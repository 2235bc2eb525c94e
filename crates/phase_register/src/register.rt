//! Registers, and what a neighbour sees of them.
ghost use Rattle.std.specs.Prelude.{◌≡◌, ℕ, ◌≤◌, ◌+◌, ◌%◌};
ghost use Rattle.phase_register.specs.Looks.{look_by_phases, look_by_counts, opening_register, published};

use crate::phase::Phase;
use rule_check::State;
use std::marker::Model;

/// What a node sees of a neighbour's register.
#[derive(Clone, Copy, Debug, PartialEq, Eq)]
pub enum Look {
    /// The neighbour is one move behind.
    Behind,
    /// The neighbour has moved as often: its current state.
    Level(State),
    /// The neighbour is one move ahead: its state before that move.
    Ahead(State),
}

/// What a node shows its neighbours: its phase, its current state, and its state before its last move.
#[derive(Clone, Copy, Debug, PartialEq, Eq)]
pub struct Register {
    phase: Phase,
    current: State,
    previous: State,
}

impl Model for Register {
    ghost use Rattle.phase_register.specs.Looks.{RegisterView};

    ghost Value = { RegisterView };

    ghost view = { λ r. record { phase = r.phase; current = r.current; previous = r.previous } };

    ghost inverse = { λ r. record { phase = r.phase; current = r.current; previous = r.previous } };
}

impl Register {
    /// The register of a node that has not moved yet; before its first move its previous state is its current one.
    pub fn opening(phase: Phase, state: State) -> Register
        ensures register { result ≡ opening_register phase state }
    {
        Register {
            phase,
            current: state,
            previous: state,
        }
    }

    /// The phase.
    pub fn phase(&self) -> Phase
        ensures phase { result ≡ self.now.phase }
    {
        self.phase
    }

    /// The current state.
    pub fn now(&self) -> State
        ensures state { result ≡ self.now.current }
    {
        self.current
    }

    /// The move to a state: the current state becomes the previous one, and the phase goes one step on.
    pub fn publish(&mut self, state: State)
        ensures moved { self.new ≡ published self.old state }
    {
        *self = Register {
            phase: self.phase.next(),
            current: state,
            previous: self.current,
        };
    }

    /// What a node with the phase `own` sees of this register.
    pub fn seen_from(&self, own: Phase) -> Look
        ensures by_phases { result ≡ look_by_phases own self.now }
        ensures by_counts { (opening mine theirs : ℕ) → own ≡ (opening + mine) % 3 → self.now.phase ≡ (opening + theirs) % 3
            → mine ≤ theirs + 1 → theirs ≤ mine + 1 → result ≡ look_by_counts mine theirs self.now }
    {
        if self.phase == own {
            Look::Level(self.current)
        } else if self.phase == own.next() {
            Look::Ahead(self.previous)
        } else {
            Look::Behind
        }
    }
}
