ghost use Rattle.std.specs.Cmp.Lexicographic.{pointwise};
ghost use Rattle.std.specs.Prelude.{◌≡◌, ◌↔◌, IsTrue, nat_eq};
ghost use Rattle.definitions.specs.Bytes.{AgreeBut, IsPage};
ghost use Rattle.definitions.specs.SwapHeader.{image_signature, marked, sig_of, taken_back, unmarked_block, IsMarked};

use crate::signature::layout::{self, FLAGS, HW_SIG, ORIG_SIG, SF_HW_SIG, SIG};
use crate::signature::signatures::{self, original_signature, signature, with_signature};
use page_core::Page;

/// Returns the block with the mark of an image (`mark_swapfiles`, kernel/power/swap.c): the signature moves to
/// `orig_sig` and the image's takes its place, and `image` is the block of the first map. If the machine has a hardware
/// signature (`hw` isn't 0), that is set and SF_HW_SIG is added to the flags. All other bytes stay.
pub fn mark(page: &Page, first: u64, flags: u32, hw: u32) -> Page
    ensures marked { result ≡ marked page.now first flags hw }
    ensures page { IsPage result }
    // Taken back, it is the block from before except for the mark's numbers and orig_sig.
    ensures undone { AgreeBut 4056 4086 (taken_back result) page.now }
{
    let original = signature(page);
    mark_over(page, original, first, flags, hw)
}

#[tactic(auto, unfolding(definitions::specs::SwapHeader::marked))]
fn mark_over(page: &Page, original: [u8; 10], first: u64, flags: u32, hw: u32) -> Page
    requires { original ≡ sig_of page.now }
    ensures { result ≡ marked page.now first flags hw }
{
    let mut marked = with_signature(
        &with_signature(page, ORIG_SIG, original),
        SIG,
        signatures::IMAGE,
    );
    marked.set_word(layout::IMAGE / 8, first);
    marked.put_u32(FLAGS, if hw == 0 { flags } else { flags | SF_HW_SIG });
    if hw != 0 {
        marked.put_u32(HW_SIG, hw);
    }
    marked
}

/// Returns the block with its mark taken back (`swsusp_check`, kernel/power/swap.c): `orig_sig` becomes the signature
/// again. All other bytes stay.
#[tactic(auto, unfolding(definitions::specs::SwapHeader::taken_back))]
pub fn take_back(page: &Page) -> Page
    ensures { result ≡ taken_back page.now }
{
    with_signature(page, SIG, original_signature(page))
}

/// Takes the mark of a header block back, if it carries one (`swsusp_unmark`, kernel/power/swap.c).
pub fn unmark(header: &mut Page)
    ensures header { header.new ≡ unmarked_block header.old }
    ensures page { IsPage header.new }
{
    if is_marked(header) {
        *header = take_back(header);
    }
}

/// Returns whether a header block carries the signature of an image.
pub fn is_marked(header: &Page) -> bool
    ensures signature { result ≡ pointwise nat_eq (sig_of header.now) image_signature }
    ensures marked { IsTrue result ↔ IsMarked header.now }
    ensures page { IsPage header.now }
{
    signature(header) == signatures::IMAGE
}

****************************************

WHAT TO WORK ON:
From the entries above, select each line containing the string "ghost".

RESPONSE BOX:
ghost use Rattle.std.specs.Prelude.{◌≡◌, ℕ, ◌≤◌, ◌+◌, ◌%◌};
ghost use Rattle.phase_register.specs.Looks.{look_by_phases, look_by_counts, opening_register, published};
    ghost use Rattle.phase_register.specs.Looks.{RegisterView};
    ghost Value = { RegisterView };
    ghost view = { λ r. record { phase = r.phase; current = r.current; previous = r.previous } };
    ghost inverse = { λ r. record { phase = r.phase; current = r.current; previous = r.previous } };
ghost use Rattle.std.specs.Cmp.Lexicographic.{pointwise};
ghost use Rattle.std.specs.Prelude.{◌≡◌, ◌↔◌, IsTrue, nat_eq};
ghost use Rattle.definitions.specs.Bytes.{AgreeBut, IsPage};
ghost use Rattle.definitions.specs.SwapHeader.{image_signature, marked, sig_of, taken_back, unmarked_block, IsMarked};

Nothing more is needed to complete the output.